Member of the House of Lords
- Lord Temporal
- Life peerage 25 July 1998 – 1 December 2020

Personal details
- Born: Christopher Robin Haskins 30 May 1937 Dublin, Ireland
- Died: 26 March 2026 (aged 88)
- Party: Independent (since 2005); Labour Party (until 2005);
- Alma mater: St Columba's College, Dublin; Trinity College, Dublin;

= Christopher Haskins =

Irish businessman and peer (1937–2026)

Christopher Robin Haskins, Baron Haskins (30 May 1937 – 26 March 2026) was an Irish-born businessman and life peer, who was a member of the British House of Lords from 1998 to 2020.

==Early life==
Christopher Robin Haskins was born in Dublin, Ireland on 30 May 1937. The son of a Protestant farmer, he attended St Columba's College, Dublin, and Trinity College, Dublin, where was known as a student radical and member of the Campaign for Nuclear Disarmament. Graduating with an honours degree in modern history, he contemplated becoming a journalist but later joined De La Rue.

==Career==
Haskins proposed to marry Gilda Horsley, whose father consented upon condition that Haskins joined the family business, Northern Dairies, based in Yorkshire, England. Haskins agreed and joined the company in 1962. Haskins foresaw the huge demand for good-quality prepared meals, and turned the company into Northern Foods, whose brands include Ski yoghurt and Bowyers sausages, while Marks & Spencer are the company's largest customer for ready meals. Haskins became a director in 1967, deputy chairman in 1974, and was chairman from 1980 to 2002.

==House of Lords==
Haskins was ennobled as a life peer with the title Baron Haskins, of Skidby, in the County of the East Riding of Yorkshire, on 25 July 1998. During 2001, at the height of the foot and mouth disease epidemic, he became Prime Minister Tony Blair's 'rural tsar'. Lord Haskins retired from the Lords on 1 December 2020.
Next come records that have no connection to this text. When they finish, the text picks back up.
//! The bytes of an offset in either format.

ghost use Rattle.std.specs.Prelude.{◌≡◌, IfOk, IfErr};
ghost use Rattle.dbl_offset_content.specs.Entries.{FitsOffset, bytes_in_format};
ghost use Rattle.dbl_offset_content.specs.Offsets.{HasFormat, IsOffset};

use crate::OffsetError;
use dbl_base::{Bytes, Seq};
use dbl_offset_content::Offset;
use std::alloc::Global;

/// The bytes of an entry with the offset in a format: 2, which a store writes, or 1, which has no
/// versions, and which a store reads as well.
pub fn bytes(alloc: Global, format: u8, offset: &Offset) -> Result<Bytes, OffsetError>
    requires format { HasFormat format offset.now }
    requires offset { IsOffset offset.now }
    requires fit { FitsOffset offset.now }
    ensures spelled { IfOk result (λ bytes. bytes ≡ bytes_in_format format offset.now) }
    ensures memory { IfErr result (λ e. e ≡ OffsetError.Memory) }
{
    let bytes = dbl_offset_content::bytes(alloc, format, offset)?;
    Ok(Seq::make(bytes))
}
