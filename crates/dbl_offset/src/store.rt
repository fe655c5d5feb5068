ghost use Rattle.std.specs.Prelude.{◌≡◌, ◌≢◌, ◌⊎◌, ◌↔◌, ℕ, ◌+◌, ◌<◌, ◌≤◌, List, [], length, max};
ghost use Rattle.std.specs.Prelude.{option_map, Option, Some, None, Ok, Err, IfOk, IfErr};
ghost use Rattle.std.specs.Prelude.{IfSome, OnOk, OnErr, MatchResult};
ghost use Rattle.dbl_disk.specs.Calls.{Keeps, Makes};
ghost use Rattle.dbl_disk.specs.Disks.{Follows, IsOnly};
ghost use Rattle.dbl_offset_content.specs.declared.offset.Offset.{Offset};
ghost use Rattle.dbl_offset_content.specs.Entries.{offset_bytes_form, slot_content};
ghost use Rattle.dbl_offset_content.specs.Measures.{capped, offset_limit};
ghost use Rattle.dbl_offset_content.specs.Offsets.{EncodesOffset, IsOffset, IsOffsetEntry};
ghost use Rattle.dbl_offset.specs.Slots.{HasSelectedEntry, empty_store};
ghost use Rattle.dbl_offset.specs.Stores.{BeginsTorn, ExtendsOffsets, HasBadOffset, HasEntry};
ghost use Rattle.dbl_offset.specs.Stores.{HoldsOffset, IsLive, IsNoStoreAt, IsSlotEntry, IsStore};
ghost use Rattle.dbl_offset.specs.Stores.{LeavesOffset, PutLeaves, disk_of, least_room, room_of};

use crate::OffsetError;
use crate::finding::find;
use crate::slots::{start, write_slot};
use dbl_base::Failed;
use dbl_disk::{Disk, Refused};
use dbl_offset_content::{FORMAT, LENGTH_BYTES, OFFSET_LIMIT, Offset, decode, encode, measure};
use dbl_record::RecordError;
use std::alloc::Global;
use std::marker::Model;

/// The offset of a connector, on a disk. A crash while an offset is stored leaves the old one or
/// the new one.
///
/// The disk has the bytes `DBLOFFS2`, a selector, seven bytes that are ignored, and then two slots
/// whose blocks of 4,096 bytes alternate. The selector's lowest bit is the selected slot. A slot's
/// content is a length in four bytes, big-endian, and an entry of that length: an offset's bytes,
/// or none. An entry is written in format 2; one of format 1 is read as well, with version 1 for
/// each table.
#[derive(Drop)]
pub struct OffsetStore<D: Disk> {
    disk: D,
    slot: u64,
    offset: Option<Offset>,
    live: bool,
}

impl<D: Disk> Model for OffsetStore<D> {
    ghost use Rattle.std.specs.Prelude.{◌<◌, IfSome};
    ghost use Rattle.dbl_offset_content.specs.Offsets.{IsOffset};
    ghost use Rattle.dbl_offset.specs.Stores.{StoreOn};

    ghost Value = { StoreOn D };

    ghost view = { λ s.
        record { disk = s.disk; slot = s.slot; offset = s.offset; live = s.live } };

    ghost invariant = { λ s. (s.slot < 2) × IfSome s.offset IsOffset };
}

// The offset of a slot's entry, or none if it is empty.
fn offset_in(alloc: Global, slot: u64, entry: &[u8]) -> Result<Option<Offset>, OffsetError>
    ensures read { IfOk result (λ offset. IsSlotEntry entry.now offset) }
    ensures good { IfOk result (λ offset. IfSome offset IsOffset) }
    ensures refused { IfErr result (λ error. (error ≡ OffsetError.Memory) ⊎
        ((error ≡ OffsetError.BadOffset slot) × (entry.now ≢ []) × ¬ IsOffsetEntry entry.now)) }
{
    if entry.is_empty() {
        return Ok(None);
    }
    match decode(alloc, entry) {
        Ok(offset) => Ok(Some(offset)),
        Err(RecordError::BadRecord { at: _ }) => Err(OffsetError::BadOffset { index: slot }),
        Err(RecordError::Memory) => Err(OffsetError::Memory),
    }
}

// The selected slot, and the stored offset.
#[derive(Drop)]
struct Stored {
    slot: u64,
    offset: Option<Offset>,
}

// Finds the stored offset, after a sync.
fn read_store<D: Disk>(alloc: Global, disk: &mut D) -> Result<Stored, OffsetError>
    ensures read { (bytes : List ℕ) → D.seen disk.old ≡ Some bytes →
        IfOk result (λ stored. (entry : List ℕ) × HasSelectedEntry bytes stored.slot entry ×
        IsSlotEntry entry stored.offset) }
    ensures shape { IfOk result (λ stored. (stored.slot < 2) × IfSome stored.offset IsOffset) }
    ensures not_a_store { (bytes : List ℕ) (at : ℕ) → D.seen disk.old ≡ Some bytes →
        result ≡ Err (OffsetError.NotAStore at) → IsNoStoreAt bytes at }
    ensures bad_offset { (bytes : List ℕ) (index : ℕ) → D.seen disk.old ≡ Some bytes →
        result ≡ Err (OffsetError.BadOffset index) → HasBadOffset bytes index }
    ensures short { (len : ℕ) → result ≢ Err (OffsetError.TooLong len) }
    ensures only { (bytes : List ℕ) → D.seen disk.old ≡ Some bytes →
        result ≢ Err OffsetError.Failed → IsOnly bytes (D.may_leave disk.new) }
    ensures keeps { Keeps D.Disk (result ≡ Err OffsetError.Failed) disk.old disk.new }
{
    let found = find(alloc, disk)?;
    let entry = &found.content.as_slice()[LENGTH_BYTES..];
    let offset = offset_in(alloc, found.slot, entry)?;
    Ok(Stored {
        slot: found.slot,
        offset,
    })
}

// The content of a slot with the offset.
fn content_of(alloc: Global, offset: &Offset) -> Result<Vec<u8>, OffsetError>
    requires { IsOffset offset.now }
    ensures content { IfOk result
        (λ content. (content.items ≡ slot_content (offset_bytes_form offset.now)) ×
        EncodesOffset (offset_bytes_form offset.now) offset.now) }
    ensures short { IfOk result (λ content. length content.items ≤ offset_limit + 4) }
    ensures too_long { (len : ℕ) → (result ≡ Err (OffsetError.TooLong len)) ↔
        ((offset_limit < length (offset_bytes_form offset.now))
        × (len ≡ capped (length (offset_bytes_form offset.now)))) }
    ensures kinds { IfErr result (λ error. (error ≡ OffsetError.Memory) ⊎
        ((len : ℕ) × (error ≡ OffsetError.TooLong len))) }
{
    let count = measure(offset);
    if count > OFFSET_LIMIT {
        return Err(OffsetError::TooLong { len: count });
    }
    Ok(encode(alloc, count as usize, FORMAT, offset)?)
}

impl<D: Disk> OffsetStore<D> {
    /// Makes a store without an offset on an empty disk, by a write and a sync.
    pub fn make(mut disk: D) -> Result<OffsetStore<D>, Refused<D, OffsetError>>
        requires { (bytes : List ℕ) → D.seen disk ≡ Some bytes → bytes ≡ [] }
        ensures made { D.seen disk ≡ Some [] →
            IfOk result (λ store. HoldsOffset D.Disk store None) }
        ensures bytes { D.seen disk ≡ Some [] →
            IfOk result (λ store. D.seen (disk_of store) ≡ Some empty_store) }
        ensures live { IfOk result IsLive }
        ensures empty { IfOk result (λ store. store.offset ≡ None) }
        ensures refused { IfErr result (λ refused. refused.error ≡ OffsetError.Failed) }
        ensures left { IfErr result
            (λ refused. Follows BeginsTorn (D.may_leave disk) (D.may_leave refused.disk)) }
        ensures makes { MatchResult result
            (λ store. Makes D.Disk least_room ⊥ disk (disk_of store))
            (λ refused. Makes D.Disk least_room
            (refused.error ≡ OffsetError.Failed) disk refused.disk) }
    {
        match start(&mut disk, b"DBLOFFS2\0\0\0\0\0\0\0\0\0\0\0\0") {
            Ok(()) => Ok(OffsetStore {
                disk,
                slot: 0,
                offset: None,
                live: true,
            }),
            Err(Failed) => Err(Refused {
                disk,
                error: OffsetError::Failed,
            }),
        }
    }

    /// Opens the store on the disk, as a crash may have left it. Begins with a sync, and reads the
    /// head and the selected slot. Unless the result is `Failed`, a crash from then on leaves
    /// exactly the disk's contents, if they are known.
    pub fn open(alloc: Global, mut disk: D) -> Result<OffsetStore<D>, Refused<D, OffsetError>>
        ensures opened { (bytes : List ℕ) → D.seen disk ≡ Some bytes →
            IfOk result (λ store. IsStore bytes store.offset) }
        ensures holds { (bytes : List ℕ) → D.seen disk ≡ Some bytes →
            IfOk result (λ store. HoldsOffset D.Disk store store.offset) }
        ensures not_a_store { (bytes : List ℕ) (at : ℕ) → D.seen disk ≡ Some bytes → IfErr result
            (λ refused. refused.error ≡ OffsetError.NotAStore at → IsNoStoreAt bytes at) }
        ensures bad_offset { (bytes : List ℕ) (index : ℕ) → D.seen disk ≡ Some bytes → IfErr result
            (λ refused. refused.error ≡ OffsetError.BadOffset index → HasBadOffset bytes index) }
        ensures short { IfErr result
            (λ refused. (len : ℕ) → refused.error ≢ OffsetError.TooLong len) }
        ensures live { IfOk result IsLive }
        ensures stable { (bytes : List ℕ) → D.seen disk ≡ Some bytes →
            MatchResult result (λ store. IsOnly bytes (D.may_leave (disk_of store)))
            (λ refused. refused.error ≢ OffsetError.Failed →
            IsOnly bytes (D.may_leave refused.disk)) }
        ensures keeps { MatchResult result
            (λ store. Keeps D.Disk ⊥ disk (disk_of store))
            (λ refused. Keeps D.Disk (refused.error ≡ OffsetError.Failed) disk refused.disk) }
    {
        match read_store(alloc, &mut disk) {
            Ok(stored) => Ok(OffsetStore {
                disk,
                slot: stored.slot,
                offset: stored.offset,
                live: true,
            }),
            Err(error) => Err(Refused { disk, error }),
        }
    }

    /// The stored offset. Takes no memory.
    pub fn load(&self) -> Option<&Offset>
        requires { IsLive self.now }
        ensures offset { option_map (λ offset. offset.now) result ≡ self.now.offset }
        ensures asked { IfSome result (λ offset. IsOffset offset.now) }
    {
        self.offset.as_ref()
    }

    /// Replaces the stored offset: writes it, in format 2, into the slot that isn't selected, a
    /// write for each block, and syncs; then selects that slot by a write and a sync. After `Failed`
    /// the store isn't live; the other errors come before the first call and change nothing.
    pub fn store(&mut self, alloc: Global, offset: Offset) -> Result<(), OffsetError>
        requires live { IsLive self.old }
        requires offset { IsOffset offset }
        ensures stored { (old : Option Offset) → HoldsOffset D.Disk self.old old →
            OnOk result (HoldsOffset D.Disk self.new (Some offset)) }
        ensures format { (old : Option Offset) → HoldsOffset D.Disk self.old old →
            OnOk result (HasEntry D.Disk self.new (offset_bytes_form offset)) }
        ensures left { (old : Option Offset) → HoldsOffset D.Disk self.old old →
            LeavesOffset D.Disk (disk_of self.new) (λ left. (left ≡ old) ⊎ (left ≡ Some offset)) }
        ensures grows { (before after : List ℕ) → D.seen (disk_of self.old) ≡ Some before →
            D.seen (disk_of self.new) ≡ Some after →
            length after ≤ max (length before) (room_of offset) }
        ensures comes { ExtendsOffsets D.Disk self.old self.new }
        ensures puts { PutLeaves D.Disk (result ≡ Err OffsetError.Failed) self.old self.new }
        ensures loads { OnOk result (self.new.offset ≡ Some offset) }
        ensures keeps { OnErr result (self.new.offset ≡ self.old.offset) }
        ensures live { OnOk result (IsLive self.new) }
        ensures too_long { (len : ℕ) → (result ≡ Err (OffsetError.TooLong len)) ↔
            ((offset_limit < length (offset_bytes_form offset))
            × (len ≡ capped (length (offset_bytes_form offset)))) }
        ensures unchanged { OnErr result (result ≢ Err OffsetError.Failed → self.new ≡ self.old) }
        ensures a_store { (at : ℕ) → result ≢ Err (OffsetError.NotAStore at) }
        ensures no_bad_offset { (index : ℕ) → result ≢ Err (OffsetError.BadOffset index) }
    {
        let content = match content_of(alloc, &offset) {
            Ok(content) => content,
            Err(error) => {
                drop(offset);
                return Err(error);
            }
        };
        let other = 1 - self.slot;
        self.live = false;
        match write_slot(&mut self.disk, other, content.as_slice()) {
            Ok(()) => {
                self.slot = other;
                self.live = true;
                drop(self.offset.replace(offset));
                Ok(())
            }
            Err(Failed) => {
                drop(offset);
                Err(OffsetError::Failed)
            }
        }
    }

    /// The disk in its present state. Takes no memory and makes no call of the disk.
    pub fn into_disk(self) -> D
        ensures { result ≡ disk_of self }
    {
        let OffsetStore {
            disk,
            slot: _,
            offset: _,
            live: _,
        } = self;
        disk
    }
}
In August 2005, it was revealed that Haskins had donated £2,000 to the campaign of Scottish Liberal Democrat Member of Parliament for Inverness, Nairn, Badenoch and Strathspey, Danny Alexander. Following an investigation, Haskins was expelled from the Labour party for this action. He subsequently sat as a crossbencher.

He was Chairman of the Better Regulation Task Force and a member of the New Deal Task Force. A pro-European, he was a leading member of the Britain in Europe campaign, the House of Lords European Sub-Committee, and was a former chairman of the European Movement. He was a fellow board member of Yorkshire Forward and also Chairman of the Council of the Open University. In 2016, he was chair of the Humber local enterprise partnership.

==Death==
Haskins died on 26 March 2026, at the age of 88.